La teoria che proponiamo in questo articolo è semplice: ciò che ci blocca nelle relazioni affettive, che ci fa temere di gettarci autenticamente nell’altro, è proprio la paura della morte, e questa è la morte dell’io.

Sabina Špil’rejn: l’atto d’amore come morte reciproca

Uno dei personaggi senza dubbio più interessanti nella storia della psicoanalisi, sia per biografia personale e vicende a lei legata che si sono intrecciate con la nascita della pratica psicoanalitica, sia per le teorie innovative che ha portato al circolo psicoanalitico è la figura di Sabina Špil’rejn.

Freud non aveva ancora elaborato a pieno la teoria sulla “pulsione di morte” (thánatos), ma un’idea in particolare di questa brillante psicoanalista sembra avvicinarsi molto all’idea freudiana. Non si tratta però di una nichilistica spinta all’autoannullamento, come Freud interpretava l’atrocità della guerra, ma piuttosto una ricerca di una morte che è solo apparente, è cioè “morte” di una fase precedente di sé, un qualcosa di vecchio che viene abbandonato in favore della nascita di un nuovo e più autentico sé, come la fenice che dalle sue ceneri si rinnova ma che appunto prima di rinascere ha bisogno di morire (post fata resurgo).

La figura della Špil’rejn sembra ormai relegata a quella parte di gossip psicoanalitico che si ricorda di lei solo per la relazione “clandestina” con Jung, ed il suo fare quasi da cardine nel rapporto tra quest’ultimo e Freud, fino al momento della loro rottura definitiva. Ruolo che è stato interpretato da Keira Knightley nel noto (e spesso criticato) film diretto da David Cronenberg.

Il caso della Špil’rejn è dunque significativo per molti aspetti, sia per la sua biografia che per le sue teorie psicoanalitiche. Lei stessa incomincia la sua analisi con Jung e individuerà nella sessualità e nella relazione affettiva il fulcro del suo problema, e la sua stessa relazione con il suo analista è in questo senso un caso esemplare. Ma la Špil’rejn guarì, anche e soprattutto grazie alla sua grande forza personale, e chiunque potrebbe verificarlo studiandone un po’ la biografia. Ciò che ricaverà dalla sua esperienza psicoanalitica non sarà semplicemente una carriera da psichiatra, ma anche una affascinante teoria sull’amore e la sessualità, che coinvolge la pulsione di morte.

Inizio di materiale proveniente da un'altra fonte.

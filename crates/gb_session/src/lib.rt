//! Sessions: one line of a script in, and its report out.
#![tactic(auto)]

mod laws;
mod reporter;
mod session;

pub use laws::a_report_is_that_of_its_lines;
pub use reporter::{Ran, Reporter};
pub use session::{Ended, Session};
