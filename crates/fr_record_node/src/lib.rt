//! Nodes over devices: a machine whose changes are records of a file, and the records of cells.
#![tactic(auto)]

mod cell_file;
mod fault;
mod file_node;
pub mod laws;
mod recorded;

pub use cell_file::CellNode;
pub use fault::RecordReadFault;
pub use file_node::FileNode;
pub use recorded::Recorded;
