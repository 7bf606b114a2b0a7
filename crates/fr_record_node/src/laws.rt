//! The law of several asks.
ghost use Rattle.fr_record_node.specs.Several.{AfterApart, ToldApart, WrittenApart};

use crate::recorded::Recorded;

/// A list of asks leads to where its front and then the rest lead, is told what these are told, and has their
/// records. So a file has the same bytes, however many asks were served at once.
pub fn several_law<M: Recorded>()
    ensures after { AfterApart M.after }
    ensures told { ToldApart M.after M.told }
    ensures written { WrittenApart M.after M.written }
{}
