//! Lower bounds, and answers that are assessed by them.
mod cases;
mod devices;
mod growths;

Secondo la Špil’rejn, nella sessualità e nell’affettività più autentica, ciò che viene messo in pratica dai due amanti attraverso l’atto d’amore è una vera e propria morte reciproca. La Špil’rejn però non intendeva questa morte come un istinto all’autoannullamento, non era cioè una forza distruttiva che aveva come unico scopo l’annichilimento. Non è questo il vero volto della morte. Per la Špil’rejn infatti, la morte che attende i due amanti è solo un passaggio necessario affinché si possa effettuare la rinascita di entrambi come nuova unità. Questa è la teoria espressa ne La distruzione come causa della nascita (Die Destruktion als Ursache des Werdens, Jahrbuch fur psychoanalytische und psychopathologische Forschunqen, vol. IV, Leipzig Wien 1912).

Questa idea di amore come pulsione distruttiva (atta però ad una ri-nascita costruttiva) fu in un primo momento rifiutata da Freud, ma più avanti sarà riconosciuta alla teoria della Špil’rejn di aver anticipato l’idea tanatologica di Freud. Questa teoria fu invece ripresa da Jung nel suo Simboli della Trasformazione.

Dare e ricevere amore

L’autentico e arcano significato della relazione umana è dunque quello della trasformazione metamorfica alchemica? C’è una rinascita che attende i due amanti dopo la distruzione dei loro reciproci “ego”? Questa teoria “alchemica” ci impone però di considerare la maggior parte dei rapporti moderni come simulacri di questa più autentica e profonda forma di affettività. La paura di annullarsi è tanta, e previene la volontà ed il bisogno di completamento che il vero sé ha, soffocato e parassitato dalla “persona” che si ingrandisce a scapito di una più autentica forma di affetto.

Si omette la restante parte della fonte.